Copy exactly the stretch of data below from the line with "cannot be changed." through the line with "outcome rows.c10_9 ≡", including both of those lines.
- - - - -
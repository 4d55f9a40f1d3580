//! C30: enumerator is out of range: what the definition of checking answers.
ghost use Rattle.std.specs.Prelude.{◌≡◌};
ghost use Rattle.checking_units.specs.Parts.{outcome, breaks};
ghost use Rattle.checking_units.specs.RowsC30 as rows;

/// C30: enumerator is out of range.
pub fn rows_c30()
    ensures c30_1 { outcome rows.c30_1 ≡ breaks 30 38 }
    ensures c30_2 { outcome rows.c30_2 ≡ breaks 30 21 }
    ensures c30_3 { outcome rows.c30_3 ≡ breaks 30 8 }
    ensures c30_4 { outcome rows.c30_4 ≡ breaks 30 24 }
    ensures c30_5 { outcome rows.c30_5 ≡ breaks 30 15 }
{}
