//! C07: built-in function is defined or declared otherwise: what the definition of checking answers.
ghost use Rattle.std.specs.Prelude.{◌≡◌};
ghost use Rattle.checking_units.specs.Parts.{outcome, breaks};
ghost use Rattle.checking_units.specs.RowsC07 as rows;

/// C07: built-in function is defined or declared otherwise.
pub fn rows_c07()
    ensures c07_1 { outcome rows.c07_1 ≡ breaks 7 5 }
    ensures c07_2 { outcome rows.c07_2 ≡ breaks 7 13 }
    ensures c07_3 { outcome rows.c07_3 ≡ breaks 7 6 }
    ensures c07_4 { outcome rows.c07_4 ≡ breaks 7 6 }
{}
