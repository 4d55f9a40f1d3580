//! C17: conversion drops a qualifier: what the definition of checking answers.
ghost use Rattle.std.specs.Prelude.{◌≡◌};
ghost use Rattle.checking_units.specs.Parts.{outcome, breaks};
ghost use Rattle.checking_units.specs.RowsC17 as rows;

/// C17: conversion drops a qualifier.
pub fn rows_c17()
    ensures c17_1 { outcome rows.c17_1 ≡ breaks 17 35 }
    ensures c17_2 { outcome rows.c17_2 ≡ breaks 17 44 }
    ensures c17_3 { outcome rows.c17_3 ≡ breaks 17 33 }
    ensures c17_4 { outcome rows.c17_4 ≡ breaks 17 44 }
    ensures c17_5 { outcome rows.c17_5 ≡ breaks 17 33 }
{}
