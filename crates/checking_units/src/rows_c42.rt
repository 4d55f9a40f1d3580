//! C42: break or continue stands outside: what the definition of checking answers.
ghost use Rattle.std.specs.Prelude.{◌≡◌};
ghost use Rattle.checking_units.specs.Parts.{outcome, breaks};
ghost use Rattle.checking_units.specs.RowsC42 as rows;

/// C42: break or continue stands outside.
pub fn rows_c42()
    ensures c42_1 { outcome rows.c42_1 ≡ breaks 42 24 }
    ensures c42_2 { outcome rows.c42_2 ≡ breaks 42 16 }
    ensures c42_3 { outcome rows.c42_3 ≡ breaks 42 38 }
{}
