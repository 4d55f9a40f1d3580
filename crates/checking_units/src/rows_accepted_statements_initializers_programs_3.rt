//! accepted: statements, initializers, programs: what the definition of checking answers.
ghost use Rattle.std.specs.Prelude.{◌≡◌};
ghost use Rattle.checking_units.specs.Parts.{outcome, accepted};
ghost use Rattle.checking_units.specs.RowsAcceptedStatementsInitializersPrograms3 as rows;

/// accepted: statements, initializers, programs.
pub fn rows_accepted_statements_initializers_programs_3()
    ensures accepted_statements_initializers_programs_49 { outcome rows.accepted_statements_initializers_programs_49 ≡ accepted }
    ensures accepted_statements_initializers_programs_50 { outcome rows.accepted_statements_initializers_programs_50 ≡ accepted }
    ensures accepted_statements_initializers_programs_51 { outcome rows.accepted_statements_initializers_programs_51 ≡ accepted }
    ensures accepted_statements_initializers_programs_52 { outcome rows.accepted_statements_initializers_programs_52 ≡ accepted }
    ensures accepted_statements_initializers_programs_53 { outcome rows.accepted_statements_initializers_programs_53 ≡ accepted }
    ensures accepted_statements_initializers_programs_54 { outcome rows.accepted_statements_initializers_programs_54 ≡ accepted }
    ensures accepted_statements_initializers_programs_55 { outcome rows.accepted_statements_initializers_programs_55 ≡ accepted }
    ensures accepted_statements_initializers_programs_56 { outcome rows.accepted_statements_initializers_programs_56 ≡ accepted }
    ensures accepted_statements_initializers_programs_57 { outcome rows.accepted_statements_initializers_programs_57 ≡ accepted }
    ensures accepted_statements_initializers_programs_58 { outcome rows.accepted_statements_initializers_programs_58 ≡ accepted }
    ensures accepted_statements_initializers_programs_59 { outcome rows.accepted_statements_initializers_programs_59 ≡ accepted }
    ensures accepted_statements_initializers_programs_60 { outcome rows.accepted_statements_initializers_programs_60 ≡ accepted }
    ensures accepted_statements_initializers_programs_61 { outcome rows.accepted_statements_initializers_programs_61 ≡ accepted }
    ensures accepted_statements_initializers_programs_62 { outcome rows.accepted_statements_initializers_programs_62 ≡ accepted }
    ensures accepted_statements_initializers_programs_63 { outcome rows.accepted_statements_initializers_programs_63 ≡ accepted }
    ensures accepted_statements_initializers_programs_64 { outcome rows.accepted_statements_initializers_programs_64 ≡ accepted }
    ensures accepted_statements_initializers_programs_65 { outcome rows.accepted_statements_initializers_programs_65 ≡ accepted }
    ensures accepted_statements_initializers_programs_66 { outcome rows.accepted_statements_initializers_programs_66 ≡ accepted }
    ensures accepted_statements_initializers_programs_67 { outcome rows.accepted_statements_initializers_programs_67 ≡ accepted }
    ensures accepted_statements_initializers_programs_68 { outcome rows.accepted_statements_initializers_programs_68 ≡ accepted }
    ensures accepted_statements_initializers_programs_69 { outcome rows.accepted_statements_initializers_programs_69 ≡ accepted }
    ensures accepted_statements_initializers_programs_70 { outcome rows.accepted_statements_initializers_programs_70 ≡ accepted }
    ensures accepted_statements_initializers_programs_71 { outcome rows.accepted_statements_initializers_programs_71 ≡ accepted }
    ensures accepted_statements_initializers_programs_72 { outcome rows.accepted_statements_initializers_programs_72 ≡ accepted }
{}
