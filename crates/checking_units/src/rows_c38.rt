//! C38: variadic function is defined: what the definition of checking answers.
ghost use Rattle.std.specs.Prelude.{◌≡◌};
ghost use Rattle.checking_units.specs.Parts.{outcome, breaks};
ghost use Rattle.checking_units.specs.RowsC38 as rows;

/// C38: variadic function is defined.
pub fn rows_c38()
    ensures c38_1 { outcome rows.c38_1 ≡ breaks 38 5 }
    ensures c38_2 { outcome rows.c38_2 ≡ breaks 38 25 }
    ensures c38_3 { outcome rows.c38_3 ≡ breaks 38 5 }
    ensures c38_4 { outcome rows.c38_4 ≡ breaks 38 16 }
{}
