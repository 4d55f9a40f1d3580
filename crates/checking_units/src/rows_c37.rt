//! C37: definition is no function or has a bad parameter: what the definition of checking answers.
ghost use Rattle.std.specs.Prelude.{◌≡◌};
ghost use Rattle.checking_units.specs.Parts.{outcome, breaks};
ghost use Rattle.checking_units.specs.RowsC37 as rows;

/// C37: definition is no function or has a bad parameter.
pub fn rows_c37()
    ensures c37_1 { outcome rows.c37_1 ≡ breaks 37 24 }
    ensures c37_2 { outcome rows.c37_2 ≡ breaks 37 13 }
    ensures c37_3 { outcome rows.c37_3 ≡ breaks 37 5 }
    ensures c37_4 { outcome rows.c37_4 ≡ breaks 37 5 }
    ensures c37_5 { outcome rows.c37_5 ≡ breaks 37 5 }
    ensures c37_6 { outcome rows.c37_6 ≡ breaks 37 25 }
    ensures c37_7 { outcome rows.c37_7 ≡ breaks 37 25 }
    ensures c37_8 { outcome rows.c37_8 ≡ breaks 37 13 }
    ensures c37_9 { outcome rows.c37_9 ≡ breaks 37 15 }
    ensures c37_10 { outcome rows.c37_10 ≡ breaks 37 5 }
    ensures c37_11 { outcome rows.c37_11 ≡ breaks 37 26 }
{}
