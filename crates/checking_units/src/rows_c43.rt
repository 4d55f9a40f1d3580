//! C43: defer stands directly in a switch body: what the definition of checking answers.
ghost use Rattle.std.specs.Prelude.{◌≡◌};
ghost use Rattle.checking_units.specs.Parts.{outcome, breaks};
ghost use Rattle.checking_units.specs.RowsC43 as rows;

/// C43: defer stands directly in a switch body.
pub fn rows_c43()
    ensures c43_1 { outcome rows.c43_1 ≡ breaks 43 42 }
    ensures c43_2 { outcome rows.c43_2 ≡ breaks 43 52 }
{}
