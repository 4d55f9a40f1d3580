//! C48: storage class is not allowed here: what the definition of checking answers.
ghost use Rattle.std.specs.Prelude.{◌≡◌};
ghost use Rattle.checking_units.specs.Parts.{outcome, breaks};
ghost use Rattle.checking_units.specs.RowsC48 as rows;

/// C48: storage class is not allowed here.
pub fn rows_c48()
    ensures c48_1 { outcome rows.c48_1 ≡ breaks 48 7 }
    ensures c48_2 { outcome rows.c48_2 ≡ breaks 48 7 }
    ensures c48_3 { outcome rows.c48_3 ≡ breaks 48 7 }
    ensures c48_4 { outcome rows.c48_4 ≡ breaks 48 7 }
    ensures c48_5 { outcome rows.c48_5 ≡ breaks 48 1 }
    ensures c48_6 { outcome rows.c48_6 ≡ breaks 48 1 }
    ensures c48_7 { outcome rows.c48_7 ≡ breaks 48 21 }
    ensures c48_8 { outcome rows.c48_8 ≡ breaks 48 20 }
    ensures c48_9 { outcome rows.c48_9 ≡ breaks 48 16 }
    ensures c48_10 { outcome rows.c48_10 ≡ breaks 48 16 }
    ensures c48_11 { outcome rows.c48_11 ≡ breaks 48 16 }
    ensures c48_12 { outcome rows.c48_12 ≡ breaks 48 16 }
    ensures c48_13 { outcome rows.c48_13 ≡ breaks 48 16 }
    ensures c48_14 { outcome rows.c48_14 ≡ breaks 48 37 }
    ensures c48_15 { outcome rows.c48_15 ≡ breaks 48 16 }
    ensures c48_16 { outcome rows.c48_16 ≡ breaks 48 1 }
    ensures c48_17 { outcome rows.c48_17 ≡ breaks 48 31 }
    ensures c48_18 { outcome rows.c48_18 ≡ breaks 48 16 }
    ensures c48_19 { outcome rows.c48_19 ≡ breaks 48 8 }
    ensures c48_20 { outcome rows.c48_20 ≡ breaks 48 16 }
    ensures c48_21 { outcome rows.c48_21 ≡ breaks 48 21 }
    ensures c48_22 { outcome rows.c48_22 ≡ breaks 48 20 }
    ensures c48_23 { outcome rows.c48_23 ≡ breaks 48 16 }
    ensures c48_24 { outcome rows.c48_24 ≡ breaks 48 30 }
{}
- - - - -
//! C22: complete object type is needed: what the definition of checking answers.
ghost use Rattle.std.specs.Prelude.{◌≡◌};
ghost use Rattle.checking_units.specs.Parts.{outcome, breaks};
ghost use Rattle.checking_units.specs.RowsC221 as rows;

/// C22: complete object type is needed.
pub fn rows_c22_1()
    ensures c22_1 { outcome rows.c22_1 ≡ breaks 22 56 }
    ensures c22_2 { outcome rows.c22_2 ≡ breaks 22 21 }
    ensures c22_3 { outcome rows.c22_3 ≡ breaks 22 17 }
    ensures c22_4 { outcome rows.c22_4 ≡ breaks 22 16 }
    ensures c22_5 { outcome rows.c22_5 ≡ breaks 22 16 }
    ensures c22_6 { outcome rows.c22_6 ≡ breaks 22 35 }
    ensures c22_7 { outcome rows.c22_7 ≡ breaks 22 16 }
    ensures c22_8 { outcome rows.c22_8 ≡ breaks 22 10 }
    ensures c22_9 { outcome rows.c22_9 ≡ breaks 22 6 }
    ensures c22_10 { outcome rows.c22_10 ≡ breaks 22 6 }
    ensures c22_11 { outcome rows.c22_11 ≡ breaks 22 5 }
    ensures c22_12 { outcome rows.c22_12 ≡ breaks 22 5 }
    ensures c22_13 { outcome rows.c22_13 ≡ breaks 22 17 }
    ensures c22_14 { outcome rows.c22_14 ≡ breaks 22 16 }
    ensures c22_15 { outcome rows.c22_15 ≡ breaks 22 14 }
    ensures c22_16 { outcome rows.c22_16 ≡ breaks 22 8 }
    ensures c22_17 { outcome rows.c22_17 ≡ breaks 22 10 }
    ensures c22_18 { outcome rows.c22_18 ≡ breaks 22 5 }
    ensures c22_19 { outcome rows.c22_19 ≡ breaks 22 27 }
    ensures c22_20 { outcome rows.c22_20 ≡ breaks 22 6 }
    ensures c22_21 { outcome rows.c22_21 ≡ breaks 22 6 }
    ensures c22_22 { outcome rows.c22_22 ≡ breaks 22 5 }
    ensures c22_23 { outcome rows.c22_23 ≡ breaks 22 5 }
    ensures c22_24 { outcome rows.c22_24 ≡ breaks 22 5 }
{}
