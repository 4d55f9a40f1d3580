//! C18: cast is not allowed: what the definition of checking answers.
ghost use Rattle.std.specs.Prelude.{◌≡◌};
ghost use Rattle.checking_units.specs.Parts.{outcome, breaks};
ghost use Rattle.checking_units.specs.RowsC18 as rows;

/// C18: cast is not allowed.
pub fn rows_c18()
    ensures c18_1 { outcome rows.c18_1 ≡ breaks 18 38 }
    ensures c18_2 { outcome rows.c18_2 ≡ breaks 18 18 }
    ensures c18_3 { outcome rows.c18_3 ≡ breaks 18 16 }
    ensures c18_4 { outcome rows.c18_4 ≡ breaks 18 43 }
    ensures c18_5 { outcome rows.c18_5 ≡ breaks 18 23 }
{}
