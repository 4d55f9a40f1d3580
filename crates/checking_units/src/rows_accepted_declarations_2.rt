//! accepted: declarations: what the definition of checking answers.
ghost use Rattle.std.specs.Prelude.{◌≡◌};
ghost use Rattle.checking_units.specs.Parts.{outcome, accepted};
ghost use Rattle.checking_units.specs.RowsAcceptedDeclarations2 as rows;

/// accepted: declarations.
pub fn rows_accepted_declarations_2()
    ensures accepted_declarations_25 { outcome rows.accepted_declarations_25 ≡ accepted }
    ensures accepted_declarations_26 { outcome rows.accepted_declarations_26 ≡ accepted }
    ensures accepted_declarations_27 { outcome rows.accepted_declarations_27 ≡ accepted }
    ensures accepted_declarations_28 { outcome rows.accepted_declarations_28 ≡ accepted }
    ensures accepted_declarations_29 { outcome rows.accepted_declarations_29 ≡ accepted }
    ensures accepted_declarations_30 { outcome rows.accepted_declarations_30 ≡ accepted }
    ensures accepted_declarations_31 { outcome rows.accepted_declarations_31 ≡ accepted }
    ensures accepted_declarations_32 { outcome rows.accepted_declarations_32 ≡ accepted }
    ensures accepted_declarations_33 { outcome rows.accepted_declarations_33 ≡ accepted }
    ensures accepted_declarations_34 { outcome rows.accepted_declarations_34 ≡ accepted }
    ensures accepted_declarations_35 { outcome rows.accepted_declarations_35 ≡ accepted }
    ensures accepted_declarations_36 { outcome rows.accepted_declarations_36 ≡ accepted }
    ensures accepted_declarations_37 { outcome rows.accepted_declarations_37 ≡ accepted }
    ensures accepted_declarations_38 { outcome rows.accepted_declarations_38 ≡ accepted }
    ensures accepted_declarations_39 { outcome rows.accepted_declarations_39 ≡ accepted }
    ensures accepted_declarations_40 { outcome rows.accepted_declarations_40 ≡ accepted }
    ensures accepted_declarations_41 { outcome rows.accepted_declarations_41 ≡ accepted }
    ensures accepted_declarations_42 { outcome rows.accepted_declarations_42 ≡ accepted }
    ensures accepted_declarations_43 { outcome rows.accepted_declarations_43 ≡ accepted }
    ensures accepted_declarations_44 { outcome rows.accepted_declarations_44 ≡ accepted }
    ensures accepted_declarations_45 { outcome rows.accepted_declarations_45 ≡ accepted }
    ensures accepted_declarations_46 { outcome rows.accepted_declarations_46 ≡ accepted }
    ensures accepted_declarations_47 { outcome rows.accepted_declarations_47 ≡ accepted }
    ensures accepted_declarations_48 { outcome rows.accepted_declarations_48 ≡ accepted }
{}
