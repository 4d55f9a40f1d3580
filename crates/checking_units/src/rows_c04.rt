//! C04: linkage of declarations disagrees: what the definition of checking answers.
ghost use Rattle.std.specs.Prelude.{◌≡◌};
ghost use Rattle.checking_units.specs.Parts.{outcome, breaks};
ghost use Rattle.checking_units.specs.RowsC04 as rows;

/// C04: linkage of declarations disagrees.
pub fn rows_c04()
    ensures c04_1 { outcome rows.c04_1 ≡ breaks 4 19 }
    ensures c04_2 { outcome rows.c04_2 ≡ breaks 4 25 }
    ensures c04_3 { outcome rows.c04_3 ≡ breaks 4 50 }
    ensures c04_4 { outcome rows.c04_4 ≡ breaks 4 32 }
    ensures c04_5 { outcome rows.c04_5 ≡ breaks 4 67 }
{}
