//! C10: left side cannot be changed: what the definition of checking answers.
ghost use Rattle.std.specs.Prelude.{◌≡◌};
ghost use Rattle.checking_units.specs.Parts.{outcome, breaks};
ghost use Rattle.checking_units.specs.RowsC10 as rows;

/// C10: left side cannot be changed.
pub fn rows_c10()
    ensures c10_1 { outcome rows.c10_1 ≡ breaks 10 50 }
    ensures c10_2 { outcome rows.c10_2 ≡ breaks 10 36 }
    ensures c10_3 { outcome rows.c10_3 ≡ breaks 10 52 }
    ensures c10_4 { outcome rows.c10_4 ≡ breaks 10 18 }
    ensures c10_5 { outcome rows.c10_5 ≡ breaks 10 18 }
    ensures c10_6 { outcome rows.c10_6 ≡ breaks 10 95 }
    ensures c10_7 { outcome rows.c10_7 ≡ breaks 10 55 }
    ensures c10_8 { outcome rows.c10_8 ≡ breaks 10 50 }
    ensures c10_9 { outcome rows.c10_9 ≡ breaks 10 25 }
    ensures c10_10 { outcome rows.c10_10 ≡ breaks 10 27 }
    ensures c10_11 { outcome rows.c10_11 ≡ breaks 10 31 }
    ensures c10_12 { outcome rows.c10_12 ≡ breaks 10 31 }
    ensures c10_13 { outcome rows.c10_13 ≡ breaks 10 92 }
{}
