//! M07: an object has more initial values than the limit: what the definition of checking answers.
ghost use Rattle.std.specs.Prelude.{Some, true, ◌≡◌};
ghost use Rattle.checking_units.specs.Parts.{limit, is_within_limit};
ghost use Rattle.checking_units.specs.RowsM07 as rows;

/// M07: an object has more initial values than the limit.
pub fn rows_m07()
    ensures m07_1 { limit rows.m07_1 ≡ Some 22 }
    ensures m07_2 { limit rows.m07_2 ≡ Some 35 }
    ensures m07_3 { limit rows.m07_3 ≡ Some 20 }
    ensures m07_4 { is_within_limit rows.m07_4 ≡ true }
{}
- - - - -
_FINAL ANSWER_.
/// C10: left side cannot be changed.
pub fn rows_c10()
    ensures c10_1 { outcome rows.c10_1 ≡ breaks 10 50 }
    ensures c10_2 { outcome rows.c10_2 ≡ breaks 10 36 }
    ensures c10_3 { outcome rows.c10_3 ≡ breaks 10 52 }
    ensures c10_4 { outcome rows.c10_4 ≡ breaks 10 18 }
    ensures c10_5 { outcome rows.c10_5 ≡ breaks 10 18 }
    ensures c10_6 { outcome rows.c10_6 ≡ breaks 10 95 }
    ensures c10_7 { outcome rows.c10_7 ≡ breaks 10 55 }
    ensures c10_8 { outcome rows.c10_8 ≡ breaks 10 50 }
    ensures c10_9 { outcome rows.c10_9 ≡ breaks 10 25 }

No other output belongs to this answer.